Task to carry out>
Could you repeat the records shown below exactly as written?

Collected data
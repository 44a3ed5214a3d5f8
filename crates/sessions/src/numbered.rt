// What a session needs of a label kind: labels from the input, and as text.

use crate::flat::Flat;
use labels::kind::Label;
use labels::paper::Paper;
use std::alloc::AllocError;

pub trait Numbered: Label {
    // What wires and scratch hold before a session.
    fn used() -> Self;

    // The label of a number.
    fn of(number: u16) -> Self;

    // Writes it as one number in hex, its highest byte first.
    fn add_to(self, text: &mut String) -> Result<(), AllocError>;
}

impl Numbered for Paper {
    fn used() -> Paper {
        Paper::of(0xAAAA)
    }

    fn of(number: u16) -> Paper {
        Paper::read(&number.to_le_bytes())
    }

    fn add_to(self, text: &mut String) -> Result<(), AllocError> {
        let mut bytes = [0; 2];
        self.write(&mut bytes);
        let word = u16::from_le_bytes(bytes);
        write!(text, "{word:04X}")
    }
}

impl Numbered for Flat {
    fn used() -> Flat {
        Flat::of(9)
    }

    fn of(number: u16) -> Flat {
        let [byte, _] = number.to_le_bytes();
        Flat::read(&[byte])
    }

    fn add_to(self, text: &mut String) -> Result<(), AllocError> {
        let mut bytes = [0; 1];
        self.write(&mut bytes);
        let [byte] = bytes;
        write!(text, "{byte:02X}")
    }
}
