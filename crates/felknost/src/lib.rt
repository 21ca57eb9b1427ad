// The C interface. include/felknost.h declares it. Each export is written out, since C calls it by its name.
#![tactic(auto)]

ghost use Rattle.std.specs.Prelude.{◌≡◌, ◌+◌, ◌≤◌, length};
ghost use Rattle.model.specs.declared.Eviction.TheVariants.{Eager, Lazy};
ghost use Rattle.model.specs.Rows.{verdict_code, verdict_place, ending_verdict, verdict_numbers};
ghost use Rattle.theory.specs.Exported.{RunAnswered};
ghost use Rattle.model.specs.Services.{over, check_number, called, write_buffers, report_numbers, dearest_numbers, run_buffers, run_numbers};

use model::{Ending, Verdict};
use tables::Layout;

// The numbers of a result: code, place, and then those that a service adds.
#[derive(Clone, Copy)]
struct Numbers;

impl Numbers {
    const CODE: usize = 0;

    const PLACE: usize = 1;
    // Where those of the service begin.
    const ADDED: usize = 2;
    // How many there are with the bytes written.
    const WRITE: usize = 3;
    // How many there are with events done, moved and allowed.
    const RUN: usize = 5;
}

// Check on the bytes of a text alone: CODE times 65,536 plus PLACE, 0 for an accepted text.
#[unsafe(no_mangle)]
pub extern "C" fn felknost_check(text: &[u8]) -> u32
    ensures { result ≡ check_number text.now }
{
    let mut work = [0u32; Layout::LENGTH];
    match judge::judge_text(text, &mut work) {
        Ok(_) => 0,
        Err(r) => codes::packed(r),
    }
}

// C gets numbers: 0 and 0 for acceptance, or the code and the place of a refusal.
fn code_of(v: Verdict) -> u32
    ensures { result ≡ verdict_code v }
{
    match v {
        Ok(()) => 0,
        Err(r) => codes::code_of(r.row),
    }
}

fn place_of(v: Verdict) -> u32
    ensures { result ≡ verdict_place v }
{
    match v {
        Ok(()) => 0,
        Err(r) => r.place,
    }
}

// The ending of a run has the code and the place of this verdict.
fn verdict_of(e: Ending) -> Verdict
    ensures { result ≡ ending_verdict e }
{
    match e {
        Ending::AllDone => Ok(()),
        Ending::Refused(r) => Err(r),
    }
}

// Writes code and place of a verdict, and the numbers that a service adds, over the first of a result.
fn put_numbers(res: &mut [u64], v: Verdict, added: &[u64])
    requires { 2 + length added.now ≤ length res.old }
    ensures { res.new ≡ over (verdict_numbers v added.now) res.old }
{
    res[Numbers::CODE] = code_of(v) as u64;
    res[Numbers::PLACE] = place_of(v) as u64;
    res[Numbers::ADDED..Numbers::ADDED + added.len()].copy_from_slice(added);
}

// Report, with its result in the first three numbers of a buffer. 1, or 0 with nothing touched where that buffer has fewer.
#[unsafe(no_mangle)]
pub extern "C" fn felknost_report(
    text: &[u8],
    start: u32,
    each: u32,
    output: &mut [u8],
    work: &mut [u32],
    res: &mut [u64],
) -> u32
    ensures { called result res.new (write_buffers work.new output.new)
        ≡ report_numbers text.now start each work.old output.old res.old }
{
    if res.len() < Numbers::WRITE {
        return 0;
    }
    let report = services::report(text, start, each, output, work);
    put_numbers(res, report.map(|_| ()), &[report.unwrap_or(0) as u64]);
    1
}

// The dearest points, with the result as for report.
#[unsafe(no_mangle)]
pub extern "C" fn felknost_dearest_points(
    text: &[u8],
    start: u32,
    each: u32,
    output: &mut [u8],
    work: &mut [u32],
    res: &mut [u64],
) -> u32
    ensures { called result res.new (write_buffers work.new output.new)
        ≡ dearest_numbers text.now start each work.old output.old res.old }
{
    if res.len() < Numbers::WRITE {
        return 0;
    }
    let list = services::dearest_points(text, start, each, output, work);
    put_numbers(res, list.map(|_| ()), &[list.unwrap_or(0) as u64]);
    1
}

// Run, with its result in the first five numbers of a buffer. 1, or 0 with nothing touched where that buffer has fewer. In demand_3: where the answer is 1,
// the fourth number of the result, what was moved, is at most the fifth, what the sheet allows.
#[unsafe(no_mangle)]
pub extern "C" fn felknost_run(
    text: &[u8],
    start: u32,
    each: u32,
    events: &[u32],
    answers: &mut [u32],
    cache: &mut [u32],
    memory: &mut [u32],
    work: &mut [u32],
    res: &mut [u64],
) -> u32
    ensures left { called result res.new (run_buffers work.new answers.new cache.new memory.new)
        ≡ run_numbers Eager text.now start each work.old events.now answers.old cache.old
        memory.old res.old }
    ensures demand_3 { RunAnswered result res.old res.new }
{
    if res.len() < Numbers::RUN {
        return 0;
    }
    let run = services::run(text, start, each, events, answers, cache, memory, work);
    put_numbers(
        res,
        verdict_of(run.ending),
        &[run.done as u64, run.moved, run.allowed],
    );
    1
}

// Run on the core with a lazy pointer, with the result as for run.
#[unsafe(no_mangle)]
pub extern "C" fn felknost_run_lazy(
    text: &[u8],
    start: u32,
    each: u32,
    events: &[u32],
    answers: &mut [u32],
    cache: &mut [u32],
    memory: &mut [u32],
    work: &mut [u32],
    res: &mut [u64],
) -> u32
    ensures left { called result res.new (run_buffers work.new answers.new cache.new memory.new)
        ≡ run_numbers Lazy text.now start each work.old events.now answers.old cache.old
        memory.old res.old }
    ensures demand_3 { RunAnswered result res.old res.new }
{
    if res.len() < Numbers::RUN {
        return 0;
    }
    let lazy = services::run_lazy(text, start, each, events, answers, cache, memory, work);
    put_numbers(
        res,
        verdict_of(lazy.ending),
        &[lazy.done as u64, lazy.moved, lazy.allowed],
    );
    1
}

Task response>
repository 44a3ed5214a3d5f8
filename crates/sessions/src/numbered.rt
// What a session needs of a label kind: labels from the input, and as text.

use crate::flat::Flat;
use labels::kind::Label;
use labels::paper::Paper;
use std::alloc::AllocError;

pub trait Numbered: Label {
    // What wires and scratch hold before a session.
    fn used() -> Self;

    // The label of a number.
    fn of(number: u16) -> Self;

    // Writes it as one number in hex, its highest byte first.
    fn add_to(self, text: &mut String) -> Result<(), AllocError>;
}

impl Numbered for Paper {
    fn used() -> Paper {
        Paper::of(0xAAAA)
    }

    fn of(number: u16) -> Paper {
        Paper::read(&number.to_le_bytes())
    }

    fn add_to(self, text: &mut String) -> Result<(), AllocError> {
        let mut bytes = [0; 2];
        self.write(&mut bytes);
        let word = u16::from_le_bytes(bytes);
        write!(text, "{word:04X}")
    }
}

impl Numbered for Flat {
    fn used() -> Flat {
        Flat::of(9)
    }

    fn of(number: u16) -> Flat {
        let [byte, _] = number.to_le_bytes();
        Flat::read(&[byte])
    }

    fn add_to(self, text: &mut String) -> Result<(), AllocError> {
        let mut bytes = [0; 1];
        self.write(&mut bytes);
        let [byte] = bytes;
        write!(text, "{byte:02X}")
    }
}
filename crates/felknost/src/lib.rt
repository 21ca57eb9b1427ad
// The C interface. include/felknost.h declares it. Each export is written out, since C calls it by its name.
#![tactic(auto)]

ghost use Rattle.std.specs.Prelude.{◌≡◌, ◌+◌, ◌≤◌, length};
ghost use Rattle.model.specs.declared.Eviction.TheVariants.{Eager, Lazy};
ghost use Rattle.model.specs.Rows.{verdict_code, verdict_place, ending_verdict, verdict_numbers};
ghost use Rattle.theory.specs.Exported.{RunAnswered};
ghost use Rattle.model.specs.Services.{over, check_number, called, write_buffers, report_numbers, dearest_numbers, run_buffers, run_numbers};

use model::{Ending, Verdict};
use tables::Layout;

// The numbers of a result: code, place, and then those that a service adds.
#[derive(Clone, Copy)]
struct Numbers;

impl Numbers {
    const CODE: usize = 0;

    const PLACE: usize = 1;
    // Where those of the service begin.
    const ADDED: usize = 2;
    // How many there are with the bytes written.
    const WRITE: usize = 3;
    // How many there are with events done, moved and allowed.
    const RUN: usize = 5;
}

// Check on the bytes of a text alone: CODE times 65,536 plus PLACE, 0 for an accepted text.
#[unsafe(no_mangle)]
pub extern "C" fn felknost_check(text: &[u8]) -> u32
    ensures { result ≡ check_number text.now }
{
    let mut work = [0u32; Layout::LENGTH];
    match judge::judge_text(text, &mut work) {
        Ok(_) => 0,
        Err(r) => codes::packed(r),
    }
}

// C gets numbers: 0 and 0 for acceptance, or the code and the place of a refusal.
fn code_of(v: Verdict) -> u32
    ensures { result ≡ verdict_code v }
{
    match v {
        Ok(()) => 0,
        Err(r) => codes::code_of(r.row),
    }
}

fn place_of(v: Verdict) -> u32
    ensures { result ≡ verdict_place v }
{
    match v {
        Ok(()) => 0,
        Err(r) => r.place,
    }
}

// The ending of a run has the code and the place of this verdict.
fn verdict_of(e: Ending) -> Verdict
    ensures { result ≡ ending_verdict e }
{
    match e {
        Ending::AllDone => Ok(()),
        Ending::Refused(r) => Err(r),
    }
}

// Writes code and place of a verdict, and the numbers that a service adds, over the first of a result.
fn put_numbers(res: &mut [u64], v: Verdict, added: &[u64])
    requires { 2 + length added.now ≤ length res.old }
    ensures { res.new ≡ over (verdict_numbers v added.now) res.old }
{
    res[Numbers::CODE] = code_of(v) as u64;
    res[Numbers::PLACE] = place_of(v) as u64;
    res[Numbers::ADDED..Numbers::ADDED + added.len()].copy_from_slice(added);
}

// Report, with its result in the first three numbers of a buffer. 1, or 0 with nothing touched where that buffer has fewer.
#[unsafe(no_mangle)]
pub extern "C" fn felknost_report(
    text: &[u8],
    start: u32,
    each: u32,
    output: &mut [u8],
    work: &mut [u32],
    res: &mut [u64],
) -> u32
    ensures { called result res.new (write_buffers work.new output.new)
        ≡ report_numbers text.now start each work.old output.old res.old }
{
    if res.len() < Numbers::WRITE {
        return 0;
    }
    let report = services::report(text, start, each, output, work);
    put_numbers(res, report.map(|_| ()), &[report.unwrap_or(0) as u64]);
    1
}

// The dearest points, with the result as for report.
#[unsafe(no_mangle)]
pub extern "C" fn felknost_dearest_points(
    text: &[u8],
    start: u32,
    each: u32,
    output: &mut [u8],
    work: &mut [u32],
    res: &mut [u64],
) -> u32
    ensures { called result res.new (write_buffers work.new output.new)
        ≡ dearest_numbers text.now start each work.old output.old res.old }
{
    if res.len() < Numbers::WRITE {
        return 0;
    }
    let list = services::dearest_points(text, start, each, output, work);
    put_numbers(res, list.map(|_| ()), &[list.unwrap_or(0) as u64]);
    1
}

// Run, with its result in the first five numbers of a buffer. 1, or 0 with nothing touched where that buffer has fewer. In demand_3: where the answer is 1,
// the fourth number of the result, what was moved, is at most the fifth, what the sheet allows.
#[unsafe(no_mangle)]
pub extern "C" fn felknost_run(
    text: &[u8],
    start: u32,
    each: u32,
    events: &[u32],
    answers: &mut [u32],
    cache: &mut [u32],
    memory: &mut [u32],
    work: &mut [u32],
    res: &mut [u64],
) -> u32
    ensures left { called result res.new (run_buffers work.new answers.new cache.new memory.new)
        ≡ run_numbers Eager text.now start each work.old events.now answers.old cache.old
        memory.old res.old }
    ensures demand_3 { RunAnswered result res.old res.new }
{
    if res.len() < Numbers::RUN {
        return 0;
    }
    let run = services::run(text, start, each, events, answers, cache, memory, work);
    put_numbers(
        res,
        verdict_of(run.ending),
        &[run.done as u64, run.moved, run.allowed],
    );
    1
}

// Run on the core with a lazy pointer, with the result as for run.
#[unsafe(no_mangle)]
pub extern "C" fn felknost_run_lazy(
    text: &[u8],
    start: u32,
    each: u32,
    events: &[u32],
    answers: &mut [u32],
    cache: &mut [u32],
    memory: &mut [u32],
    work: &mut [u32],
    res: &mut [u64],
) -> u32
    ensures left { called result res.new (run_buffers work.new answers.new cache.new memory.new)
        ≡ run_numbers Lazy text.now start each work.old events.now answers.old cache.old
        memory.old res.old }
    ensures demand_3 { RunAnswered result res.old res.new }
{
    if res.len() < Numbers::RUN {
        return 0;
    }
    let lazy = services::run_lazy(text, start, each, events, answers, cache, memory, work);
    put_numbers(
        res,
        verdict_of(lazy.ending),
        &[lazy.done as u64, lazy.moved, lazy.allowed],
    );
    1
}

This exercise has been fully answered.